Go with either Heat pad/tape or a Red Heat Bulb to heat the enclosure. You do not need any light in the snakes enclosure for most speicies of snakes, they like the dark, and will usually hide durning the day. A Red Heat Bulb will cost you about 5-10US dollars.

An animal is not something to cheap out on like Carnivoro thinks, every animal deserves the best equipment if you are going to keep them as a pet.

If you think you cannot afford to feed the snake, dont purchase one.

Feed it Live, or F/T(Frozen/Thawed. Its up to you. If you would like a more tame snake, frozen or pre-killed food will be best.

I also suggest you keep away from buying a snake from a Pet Store. Most of the time they have no clue what they are talking about, leading you to belive there BS. They will tell lies to sell an animal, and you will belive it and get a animal that you really shouldn't get.

Buy your snake from a good breeder. He/She will lead you straight.


----------



## Carnivoro (Oct 12, 2003)

Well, i dont like this kind of discussion in sites, but..."Here an example of how many people are convinced that reptiles need specials lights",...All started by the pet industry to teach a lie to ignorant new customers, convince them that their animals need them or they will get sick and die , Well ,To the pet industry animals are not a decent source of income, you loose to much in them, so dry goods are where the money is made, if you are convinced you need to buy a new $20/$50+ bulb every 6,9... months,whatever, you will be back to spend more money there.

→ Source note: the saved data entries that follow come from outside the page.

//! Changes of a file outside its movie box.

use crate::edited::{TopEdits, moved_top};
use crate::movement::Move;
use mp4_remux::edits::place;

/// A change of a file outside its movie box.
#[derive(Clone, Copy)]
pub enum Around<'a> {
    /// The movie box is moved.
    Moved(Move),
    /// Boxes of the top level are edited.
    Edited(TopEdits<'a>),
}

impl<'a> Around<'a> {
    /// Returns whether the movie box is moved.
    pub(crate) fn is_move(self) -> bool {
        matches!(self, Around::Moved(_))
    }

    /// Returns the position at which the `moov` begins.
    pub(crate) fn begin(self) -> u64 {
        match self {
            Around::Moved(shift) => shift.begin,
            Around::Edited(edits) => edits.begin,
        }
    }

    /// Returns the position at which the `moov` ends.
    pub(crate) fn end(self) -> u64 {
        match self {
            Around::Moved(shift) => shift.end,
            Around::Edited(edits) => edits.end,
        }
    }

    /// Returns the position at which the `moov` begins after the change.
    pub(crate) fn insert(self) -> Option<u64> {
        match self {
            Around::Moved(shift) => Some(shift.insert),
            Around::Edited(edits) => place(edits.splices, edits.begin),
        }
    }

    /// Returns the position after the change of the byte at `offset`, which is not in the `moov`. The `moov` has
    /// `length` bytes after the change. Returns `None` if the byte is replaced, or the position is past 2^64 - 1.
    pub(crate) fn moved(self, length: u64, offset: u64) -> Option<u64> {
        match self {
            Around::Moved(shift) => shift.moved(length, offset),
            Around::Edited(edits) => moved_top(edits, length, offset),
        }
    }
}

I and a lot of other Herps breeder experts and Herpetologyst got into many discussions with so called experts on UV bulbs, one recently admitted to a friend of mine that UV will not travel through glass, only quartz bulbs,........ Guess what those UV bulbs are made of, Regular glass.
Also anyone with common sense knows that UV will travel less through frosted glass than clear glass, so which one has frosted, which is clear, the halogen quartz is clear, the UV bulbs are frosted.
Regardless of any claims to UVbulbs etc, they dont do anything including color,shed,ect. in any reptile.Reptile are ectotherms they, and their colors respond to heat, temps, not light.

Ive kept many species and types of lizards, turtles, and snakes, without any UV bulbs ever without any problem.

But well these are my points and other herp experts. And this theme is under too much debate.
Your choice you may use it though.

Carnivoro


----------